Problem details =>
Should a line in the entries below contain "parent", return that line.

===

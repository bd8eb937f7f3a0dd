// The tree of fewest hops from a root above all clocks.

use std::alloc::Global;
use sync_text::NoMemory;
use sync_topo::{InputId, LineId, Plan};

/// Where an element or the root stands in the tree.
#[derive(Clone, Copy, Drop)]
pub(crate) struct Node {
    /// How many edges it is below the root.
    pub(crate) depth: u32,
    /// The node above it; the root is above itself.
    pub(crate) parent: u32,
    /// The bundle of the link from there; a clock hangs on its first source.
    pub(crate) bundle: Option<u32>,
    /// A node further above, as far from it as from each node of its depth.
    jump: u32,
}

/// The elements that links lead to from a clock, as a tree.
///
/// The root goes by the number after those of all elements.
#[derive(Drop)]
pub(crate) struct Tree {
    /// The number of the root.
    pub(crate) root: u32,
    /// The root, and then the elements of the tree by their depths.
    pub(crate) order: Vec<u32>,
    nodes: Vec<Option<Node>>,
    children: Vec<Vec<u32>>,
}

impl Tree {
    /// The tree of a plan, by the lines out of each element. The work grows with the elements and links.
    pub(crate) fn of(
        alloc: Global,
        plan: &Plan,
        outputs: &[Vec<LineId>],
    ) -> Result<Tree, NoMemory> {
        let mut tree = Tree::alone(alloc, plan)?;
        let root = tree.root;
        for element in 0..plan.elements() {
            if is_clock(plan, element) {
                tree.add(root, None, element)?;
            }
        }
        for place in 0..plan.elements() as usize {
            tree.grow(plan, outputs, place + 1)?;
        }
        Ok(tree)
    }

    /// The root alone.
    fn alone(alloc: Global, plan: &Plan) -> Result<Tree, NoMemory> {
        let root = plan.elements();
        let Ok(nodes) = vec![in alloc; None; root as usize + 1] else {
            return Err(NoMemory);
        };
        let mut tree = Tree {
            root,
            order: Vec::new(alloc),
            nodes,
            children: no_children(alloc, root)?,
        };
        tree.put(root, tree.top())?;
        Ok(tree)
    }

    /// The root's node.
    fn top(&self) -> Node {
        Node {
            depth: 0,
            parent: self.root,
            bundle: None,
            jump: self.root,
        }
    }

    /// Adds what lies one link from the element at a place of the order.
    fn grow(&mut self, plan: &Plan, outputs: &[Vec<LineId>], place: usize) -> Result<(), NoMemory> {
        let Some(element) = self.order.get(place).copied() else {
            return Ok(());
        };
        let Some(lines) = outputs.get(element as usize) else {
            return Ok(());
        };
        for line in lines.as_slice() {
            if line.0 < plan.lines() {
                self.add(element, Some(plan.bundle(line.0 / 2)), plan.to(*line))?;
            }
        }
        Ok(())
    }

    /// Hangs an element under a node, unless it is in the tree already.
    fn add(&mut self, parent: u32, bundle: Option<u32>, element: u32) -> Result<(), NoMemory> {
        if self.has(element) {
            return Ok(());
        }
        let above = self.node(parent);
        let node = Node {
            depth: above.depth.saturating_add(1),
            parent,
            bundle,
            jump: self.jump_under(parent, above),
        };
        if let Some(children) = self.children.get_mut(parent as usize) {
            let Ok(()) = children.push(element) else {
                return Err(NoMemory);
            };
        }
        self.put(element, node)
    }

    /// Where a child of a node jumps to: past two jumps of one length, or else to the node itself.
    fn jump_under(&self, parent: u32, above: Node) -> u32 {
        let near = self.node(above.jump);
        let far = self.node(near.jump);
        if above.depth.saturating_sub(near.depth) == near.depth.saturating_sub(far.depth) {
            near.jump
        } else {
            parent
        }
    }

    /// Keeps a node, and puts it at the end of the order.
    fn put(&mut self, number: u32, node: Node) -> Result<(), NoMemory> {
        if let Some(kept) = self.nodes.get_mut(number as usize) {
            *kept = Some(node);
        }
        match self.order.push(number) {
            Ok(()) => Ok(()),
            Err(_) => Err(NoMemory),
        }
    }

    /// A node is in the tree.
    pub(crate) fn has(&self, number: u32) -> bool {
        match self.nodes.get(number as usize) {
            Some(node) => node.is_some(),
            None => false,
        }
    }

    /// A node of the tree; the root's for any other number.
    pub(crate) fn node(&self, number: u32) -> Node {
        match self.nodes.get(number as usize) {
            Some(Some(node)) => *node,
            _ => self.top(),
        }
    }

    /// The nodes right below one.
    pub(crate) fn children(&self, number: u32) -> &[u32] {
        match self.children.get(number as usize) {
            Some(children) => children.as_slice(),
            None => &[],
        }
    }

    /// The lowest node above both of two, or one of them where it is above the other.
    pub(crate) fn meeting(&self, one: u32, other: u32) -> u32 {
        let depth = self.node(one).depth.min(self.node(other).depth);
        let mut one = self.lifted(one, depth);
        let mut other = self.lifted(other, depth);
        for _step in 0..self.order.len() {
            if one == other {
                return one;
            }
            let near = self.node(one);
            let far = self.node(other);
            (one, other) = if near.jump == far.jump {
                (near.parent, far.parent)
            } else {
                (near.jump, far.jump)
            };
        }
        self.root
    }

    /// The node of this depth above one, or the node itself where it isn't deeper.
    pub(crate) fn lifted(&self, number: u32, depth: u32) -> u32 {
        let mut at = number;
        for _step in 0..self.order.len() {
            let node = self.node(at);
            if node.depth <= depth {
                return at;
            }
            at = if self.node(node.jump).depth < depth {
                node.parent
            } else {
                node.jump
            };
        }
        at
    }
}

/// No children for any element, nor for the root.
fn no_children(alloc: Global, root: u32) -> Result<Vec<Vec<u32>>, NoMemory> {
    let mut children = Vec::new(alloc);
    for _number in 0..=root {
        let Ok(()) = children.push(Vec::new(alloc)) else {
            return Err(NoMemory);
        };
    }
    Ok(children)
}

/// The element has a nominated source.
fn is_clock(plan: &Plan, element: u32) -> bool {
    if element >= plan.elements() {
        return false;
    }
    // An element's sources come last among its inputs.
    match plan.inputs(element).last() {
        Some(InputId::Source(_)) => true,
        _ => false,
    }
}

===

Exercise result =>
    pub(crate) parent: u32,
            parent: self.root,
    fn add(&mut self, parent: u32, bundle: Option<u32>, element: u32) -> Result<(), NoMemory> {
        let above = self.node(parent);
            parent,
            jump: self.jump_under(parent, above),
        if let Some(children) = self.children.get_mut(parent as usize) {
    fn jump_under(&self, parent: u32, above: Node) -> u32 {
            parent
                (near.parent, far.parent)
                node.parent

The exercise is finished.